Jamie O’Regan earns a six-figure salary as director of alumni relations for a private Brooklyn school, and lives in a Jersey City apartment with a rooftop pool.

But Mrs. O’Regan, 38, is feeling the pinch of higher prices. As of July 1, her landlord increased her rent by $500 to $2,900 a month. She parted ways with her car, which cost $600 a month between parking, insurance, and loan repayment. Because she can work from home in the summer, she has saved $100 a week by not commuting. She would like to buy a house, but sees no possibility to do so and is now considering taking in a roommate.

“If I feel like I’m living paycheck to paycheck, how does the average person function?” said Mrs. O’Regan. “There doesn’t seem to be anyone who feels immune to this.”

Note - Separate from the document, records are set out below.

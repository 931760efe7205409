//! A table in a box of its own, as the map of a slot keeps it.

ghost use Rattle.std.specs.Prelude.{◌≡◌, IfOk};
ghost use Rattle.raft_accessor.specs.Common.{empty_table};

use raft_base::AllocResult;
use raft_table::MemTable;
use std::alloc::Global;
use std::marker::Model;

/// A table in a box of its own. So a map of many tables is small, and moves little when it grows.
#[derive(Drop)]
pub struct BoxedTable {
    /// The box with the table.
    pub(crate) boxed: Box<MemTable>,
}

impl Model for BoxedTable {
    ghost use Rattle.raft_table.specs.Table.{Table};
    ghost use Rattle.raft_table.specs.TableCode.{table_code};

    ghost Value = { Table };

    ghost coded = { table_code };

    ghost view = { λ a. a.boxed.value };
}

impl BoxedTable {
    /// Puts `table` in a box.
    ///
    /// # Errors
    ///
    /// `AllocError` if there is no memory for it. The table is dropped then.
    pub(crate) fn new(alloc: Global, table: MemTable) -> AllocResult<BoxedTable>
        ensures { IfOk result (λ boxed. boxed ≡ table) }
    {
        let boxed = Box::new(alloc, table)?;
        Ok(BoxedTable { boxed })
    }

    /// Returns an empty table of the region `id`, in a box.
    ///
    /// # Errors
    ///
    /// `AllocError` if there is no memory for it.
    pub(crate) fn empty(alloc: Global, id: u64) -> AllocResult<BoxedTable>
        ensures { IfOk result (λ boxed. boxed ≡ empty_table id) }
    {
        BoxedTable::new(alloc, MemTable::new(alloc, id))
    }

    /// Returns the table, to be read.
    #[doc(hidden)]
    pub fn get(&self) -> &MemTable
        ensures { result.now ≡ self.now }
    {
        &self.boxed
    }

    /// Returns the table, and frees its box.
    pub(crate) fn into_table(self) -> MemTable
        ensures { result ≡ self }
    {
        Box::into_inner(self.boxed)
    }
}

/// Takes `table` out of its box, if there is one, and frees the box.
pub(crate) fn unbox_table(table: Option<BoxedTable>) -> Option<MemTable>
    ensures { result ≡ table }
{
    table.map(|table| table.into_table())
}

Economists say weak consumer confidence is unlikely to turn an otherwise healthy economy into a sick one. But it can amplify or prolong an already bad situation. In marginal cases, an official recession statement – and the associated media attention – can lead to: clearly worse results than weak economies that narrowly escape recession.

For example, the relatively short recession of 1990 and 1991 had no obvious cause such as a bubble. For that reason, scholars have theorized it may have been fueled by poor national mood from the Gulf War, an oil price shock and the interest rate hikes.

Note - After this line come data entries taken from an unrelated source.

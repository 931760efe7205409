//! The tables of all regions.

ghost use Rattle.std.specs.Prelude.{◌≡◌, ◌≢◌, ◌≤◌, ◌<◌, ◌^◌, ◌+◌, ◌⊎◌, ◌↔◌, List, [], ◌∷◌, ◌++◌, map, replicate, IsPermutation, IsTrue, OnOk, OnErr, IfOk, IfErr, IfSome, Some, None, option_map, is_some, length, if◌then◌else◌};
ghost use Rattle.raft_accessor.specs.Common.{FoldsTo, LogQueue, total, after_change, AreCountsAfter, IsAllowed, IsAnswer, IsChangeFault, Table, with_table_added, with_table_deleted, live_of, slot_of, table_in, live_in_all, AreCountsOf};
ghost use Rattle.raft_accessor.specs.Common.{IsTableChanged, IsTableMade, IsTableTaken, lent_as, with_newer, with_appended, AreTablesMerged, AreTablesLeft, AreOthersLeft, AreMerged, IsMergedIn, IsNewerFault, IsAppendedFault};
ghost use Rattle.raft_accessor.specs.Common.{IsMergeRefusal, Collects, Makes};
ghost use Rattle.std.specs.FinMap as finite;

mod cleaned;
mod join;
mod region_steps;
mod take_slot;
mod writes;

use crate::boxed_table::{BoxedTable, unbox_table};
use crate::neighbor::Neighbor;
use crate::region_tables::RegionTables;
pub use cleaned::clean_logs;
use raft_base::{AllocResult, Error, FileSeq, LogQueue, Result, hash_u64};
use raft_table::{GlobalStats, MemTable, TableChange};
use std::alloc::{AllocError, Global};
use std::marker::Model;
pub use writes::accepted_items_lack_room_alone;

/// Returns the number of the slot, from 0 to 127, that holds the table of the region `id`: the low 7 bits of
/// the hash of its id.
#[tactic(auto, unfolding(crate::specs::Accessor::slot_of))]
pub fn slot_of(id: u64) -> usize
    ensures value { result ≡ slot_of id }
    ensures bound { result < 128 }
{
    (hash_u64(id) % 128) as usize
}

/// Returns the lent table of `table`, its `AllocError` turned into `Memory`.
///
/// # Errors
///
/// `Memory` if `table` is an error.
fn to_memory_error<'a>(table: AllocResult<&'a MemTable>) -> Result<&'a MemTable>
    ensures { result ≡ lent_as table.entry }
{
    table.map_err(|_| Error::Memory)
}

/// The tables of all regions, how many of their records are live, and a list of the regions that were
/// cleaned. The tables stand in 128 hash maps (slots), by the hash of their region's id.
#[derive(Drop)]
pub struct MemTableAccessor {
    /// The tables of the 128 slots, slot n at index n.
    slots: Vec<RegionTables>,
    /// How many records of all tables are live in each queue.
    stats: GlobalStats,
    /// The ids of the regions that were cleaned, in order.
    cleaned: Vec<u64>,
}

impl Model for MemTableAccessor {
    ghost use Rattle.raft_accessor.specs.Accessor.{Accessor};
    ghost use Rattle.raft_accessor.specs.AccessorCode.{accessor_code};

    ghost Value = { Accessor };

    ghost coded = { accessor_code };

    ghost use Rattle.raft_accessor.specs.AccessorView.{accessor_shown, IsAccessorKept};

    ghost view = { accessor_shown };

    ghost invariant = { IsAccessorKept };
}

However, the link between consumer perception and economic performance is not straightforward. Sentiment fell sharply after, say, the terrorist attacks of September 11, 2001, but actual spending recovered quickly, possibly because of a rally-around-the-flag effect that helped propel the economy quickly past the dotcom crisis.

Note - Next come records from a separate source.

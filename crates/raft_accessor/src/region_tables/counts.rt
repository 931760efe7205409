//! The live records of the tables of one slot, counted apart.

ghost use Rattle.std.specs.Prelude.{◌≡◌, ◌≤◌};
ghost use Rattle.raft_accessor.specs.Common.{LogQueue, live, live_in_all, counts_of, with_all_deleted};

use crate::region_tables::RegionTables;
use raft_base::LogQueue;
use raft_table::GlobalStats;

impl RegionTables {
    /// Subtracts the records of all tables of the slot from the live counts `stats`, and returns counts of
    /// these records alone.
    pub(crate) fn take_counts(&self, stats: &mut GlobalStats) -> GlobalStats
        requires { (q : LogQueue) → live_in_all q self.now ≤ live q stats.old }
        ensures taken { result ≡ counts_of self.now }
        ensures left { stats.new ≡ with_all_deleted self.now stats.old }
    {
        let append = stats.live_entries(LogQueue::Append);
        let rewrite = stats.live_entries(LogQueue::Rewrite);
        self.subtract_all_records(stats);
        new_counts(
            append - stats.live_entries(LogQueue::Append),
            rewrite - stats.live_entries(LogQueue::Rewrite),
        )
    }

    /// Subtracts the records of all tables of the slot from the live counts `stats`.
    fn subtract_all_records(&self, stats: &mut GlobalStats)
        requires { (q : LogQueue) → live_in_all q self.now ≤ live q stats.old }
        ensures { stats.new ≡ with_all_deleted self.now stats.old }
    {
        for table in self.tables.values() {
            stats.delete_table(table.get());
        }
    }
}

/// Returns live counts with `append` records in the append queue and `rewrite` in the rewrite queue.
fn new_counts(append: usize, rewrite: usize) -> GlobalStats
    ensures { result ≡ record { append = append; written = rewrite; deleted = 0 } }
{
    let mut stats = GlobalStats::default();
    let is_refused = stats.add(LogQueue::Append, append).is_err()
        || stats.add(LogQueue::Rewrite, rewrite).is_err();
    if is_refused {
        unreachable!()
    }
    stats
}
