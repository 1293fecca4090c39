// The change of converter: exact scaling of the inputs by powers of two leaves rank, F and degrees of freedom the same. Definitions and theorems alone, no code.

#![tactic(auto)]
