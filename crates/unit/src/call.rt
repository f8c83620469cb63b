ghost use Rattle.memory.specs.Cells.{Bounded};
ghost use Rattle.unit.specs.Steps.{Counts, moment};

use memory::ParameterMemory;

// The unit in a call: the memories handed to it, both with the table's count of cells and the running one with no cell
// above its top, and the mode, which C may hand in as any octet. That the memories are sound is asked by clause: a ghost
// field is a proposition, and `sound` any type.
#[derive(Drop)]
pub struct UnitCall<'r, 'd, R: ParameterMemory, D: ParameterMemory> {
    pub running: &'r mut R,
    pub draft: &'d mut D,
    pub mode: u8,
    ghost counts: { Counts (moment (R.ParameterMemory.cells running.now) (D.ParameterMemory.cells draft.now) mode) },
    ghost bounded: { Bounded (R.ParameterMemory.cells running.now) },
}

However, unlike in 2001, the Federal Reserve is actively trying to slow down the economy, meaning Americans have good reason to be cautious. Wages are not keeping up with rising prices, the housing market is already starting to cool and consumer spending, adjusted for inflation, fell in May. Credit card balances are growing and defaults are on the rise, signs that some households are already struggling to pay their bills.

The Times/Siena poll found that higher income earners were concerned about the economy, but above all confident in their own finances. However, there are already difficult times among low-income earners and those without university degrees. More than 80 percent of voters who earned less than $50,000 said their personal financial situation was “poor” or “only fair,” compared to about 30 percent of those earning more than $100,000.

High gas prices eat away at the money Anna Walker earns as a driver for DoorDash in Southern California. At the same time, she notices that customers tip less, which she attributes to the stress of their own budget.

“We go out to dinner and we’re like, ‘Wait a minute, wasn’t this a dollar cheaper a few days ago?'” she said. “I have to earn more and more money.”

During the school year, Mrs. Walker, 50, drove from the time she dropped off her 11-year-old daughter at school until 7 or 8 p.m. Now, with school for the summer, her daughter rides with her – she can’t afford to send her to camp.

For now, Ms. Walker said she can make it work. But she is one crisis away from disaster.

“I feel like I’m in a good situation as long as I work,” she said. “But I know that once my car breaks down, I’ll be homeless.”

Ms Walker voted for Mr Biden in 2020 and considers herself a Democrat. But she said Washington’s failure to help families like hers has left her disillusioned and she no longer plans to vote in November.

“I don’t care if the House has more Republicans, more Democrats,” she said. “I don’t think those people care about us, to be honest.”

The Times/Siena survey of 849 registered voters across the country was conducted by phone from July 5-7 using live operators. The margin of sampling error is plus or minus 4.1 percentage points. Crosstabs and methodology are available here.